The code is as follows ~
<?PHP
$newUser = $_POST['newUser'];
$passOne = $_POST['passOne'];
$passTwo = $_POST['passTwo'];
if ($passOne == $passTwo) {
$newPass = $passOne;
} else {
print "Passwords mismatched";
}
if (($REQUEST_METHOD=='POST')) {
for(reset($HTTP_POST_VARS);
$key=key($HTTP_POST_VARS);
next($HTTP_POST_VARS)) {
$this = addslashes($HTTP_POST_VARS[$key]);
$this = strtr($this, ">", " ");
$this = strtr($this, "<", " ");
$this = strtr($this, "|", " ");
$$key = $this;
}
if ($newUser && $newPass ) {
$query = "insert into auth (userid,username,userpassword) ";
$query .= "VALUES(0000,'$newUser','$newPass')";
mysql_connect("dbhostname","dbusername","dbpassword)
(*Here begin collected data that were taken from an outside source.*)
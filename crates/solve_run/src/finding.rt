//! The search of a job's instance.
ghost use Rattle.std.specs.Prelude.{◌≡◌, ℕ, ◌-◌, ◌^◌, ◌<◌, Bool, Option, IfOk};
ghost use Rattle.evidence.specs.ProvedBounds.{ProvedBound};
ghost use Rattle.instance.specs.Program.{problem};
ghost use Rattle.simplex_rules.specs.Looks.{answers, AgreesWith, looks_after};
ghost use Rattle.search_rules.specs.Search.{Outcome};
ghost use Rattle.search_rules.specs.Asked.{IsAskedAnswer};
ghost use Rattle.branch_bound.specs.Bounds.{gap_or_none};
ghost use Rattle.branch_bound.specs.Walks.{best as best_of};
ghost use Rattle.branch_bound.specs.Cases.{HaveValues};
ghost use Rattle.branch_bound.specs.Claims.{ClaimTellsWith};
ghost use Rattle.solve_run.specs.Firsts.{IsFirstOf};
ghost use Rattle.solve_run.specs.Asking.{search_gap, job_asked};
ghost use Rattle.solve_run.specs.Untils.{job_terms, by_time, timed_claim, named, FindsUntil};

use branch_bound::{Found, Gap, Limits, Searched, first_point, search_from};
use certificate::{Cause, Claim};
use fraction::Frac;
use instance::Instance;
use os_io::{Memory, Watch};
use osol_grammar::Options;
use std::alloc::Global;
use std::time::Clock;
use stop_reasons::{Deadline, Until};

/// The point that the options begin the search with, where they say values, and these are a point of the instance.
pub fn first_of(
    alloc: Global,
    instance: &Instance,
    options: &Options,
) -> Result<Option<Found>, Memory>
    ensures { IfOk result (λ first. IsFirstOf (problem instance.now) options.now (best_of first)) }
{
    match &options.first {
        Some(given) => first_point(alloc, instance, given.as_slice()),
        None => Ok(None),
    }
}

/// The gap of the options, as a search takes it.
fn gap_of(options: &Options) -> Option<Gap>
    ensures { gap_or_none result ≡ search_gap options.now.gap }
{
    match options.gap {
        None => None,
        Some(gap) => {
            if gap.is_percent {
                Some(Gap::Percent(gap.number))
            } else {
                Some(Gap::Number(gap.number))
            }
        }
    }
}

/// Searches an instance within the options' limits, but for their time, and with what they ask of it, from this point on, if from one.
fn find<W: Watch>(
    alloc: Global,
    instance: &Instance,
    options: &Options,
    first: Option<Found>,
    watch: &mut W,
) -> Searched
    requires values { HaveValues instance.now first }
    requires first { IsFirstOf (problem instance.now) options.now (best_of first) }
    requires stops { W.stops watch.old < 2 ^ 64 - 1 }
    ensures { (n : ℕ) × (killed : Bool) × (o : Outcome) × (b : Option ProvedBound) × ClaimTellsWith result.claim o b × W.came watch.old watch.new (answers n killed) × ((stop : Option ℕ) → AgreesWith stop 0 n killed → IsAskedAnswer (problem instance.now) (job_terms options.now stop) (job_asked options.now) (best_of first) o b (record { turns = result.turns; looks = looks_after 0 n killed })) }
{
    let limits = Limits {
        nodes: options.nodes,
        turns: options.turns,
        rounds: options.rounds,
        bound: options.bound == 1,
        gap: gap_of(options),
    };
    search_from(alloc, instance, limits, first, watch)
}

/// The time that was over in place of a look that stopped the search, and each other cause as it is.
fn by_time(seconds: Frac, cause: Cause) -> Cause
    ensures { result ≡ by_time seconds cause }
{
    match cause {
        Cause::Killed => Cause::TimeLimit(seconds),
        cause => cause,
    }
}

/// A claim of a search that was stopped for a time: its cause is the time, and its bound stays.
fn timed_claim(seconds: Frac, mut claim: Claim) -> Claim
    ensures { result ≡ timed_claim seconds claim }
{
    match &mut claim {
        Claim::BestSoFar { cause, .. } => *cause = by_time(seconds, *cause),
        Claim::Unsure { cause, .. } => *cause = by_time(seconds, *cause),
        _ => {}
    }
    claim
}

/// A claim that a search found, with the time that was over as its cause, where it was the time that stopped it.
fn named(was_time: bool, seconds: Option<Frac>, claim: Claim) -> Claim
    ensures { result ≡ named was_time seconds claim }
{
    if !was_time {
        return claim;
    }
    match seconds {
        Some(seconds) => timed_claim(seconds, claim),
        None => claim,
    }
}

/// Searches an instance within the options' limits, from this point on, if from one, and until their time is over by this clock, where they say one. The watch is asked at
/// each look, and the clock where the watch says to go on.
pub fn find_until<W: Watch, T: Clock>(
    alloc: Global,
    instance: &Instance,
    options: &Options,
    first: Option<Found>,
    clock: &T,
    watch: &mut W,
) -> Searched
    requires values { HaveValues instance.now first }
    requires first { IsFirstOf (problem instance.now) options.now (best_of first) }
    requires stops { W.stops watch.old < 2 ^ 64 - 1 }
    ensures { FindsUntil instance.now options.now (best_of first) (W.came watch.old watch.new) result.claim result.turns }
{
    let mut until = Until {
        watch,
        deadline: Deadline::new(clock, options.seconds),
        times: 0,
    };
    let Searched { claim, turns } = find(alloc, instance, options, first, &mut until);
    let was_time = until.times > 0;
    let Until {
        watch: _watch,
        deadline: _,
        times: _,
    } = until;
    Searched {
        claim: named(was_time, options.seconds, claim),
        turns,
    }
}
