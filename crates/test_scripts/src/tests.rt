mod asserts;
mod of_console;
mod of_engine;
mod of_moments;
mod streams;
mod texts;
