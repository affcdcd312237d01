//! What the program plays and prints, whole. The crate `vectors` says why tests stand apart.
//!
//! `of_engine` plays scripts and shows messages, `of_moments` has what comes of a moment, `of_console`
//! what is read, `texts` what each fault prints. Whole gateways by the library's calls stand in the
//! crate `test_gateways`.
#![tactic(auto)]

#[cfg(test)]
mod tests;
or die("Unable to connect to SQL server");
mysql_select_db("dbname") or die("Unable to select database");
$result = mysql_query($query) or die("Insert Failed!");
}
}
if ( $result ){
print "You have successfully entered ".$newUser." with the password of ".$newPass." to your database!!";
}
?>
<html>
<head>
<title>Database Insert Form for kirupa</title>
</head>
<body bgcolor="#FFFFFF">
<h1>Insert Into Database • UCS</h1>
<form action="usercheck.php" method="POST">
New User Name: <input type="text" size="20" name="newUser" style="background-color: cyan;"><br>
New User Password: <input type="text" size="20" name="passOne" style="background-color: cyan;"><br>
Verify Password: <input type="text" size="20" name="passTwo" style="background-color: cyan;"><br>
<input type="submit" value="Add User" style="background-color: cyan;">
</form>
<br><br>
<hr>
<?
$queryb="SELECT COUNT(*) FROM auth";
mysql_connect("mysql.host.com","username","password")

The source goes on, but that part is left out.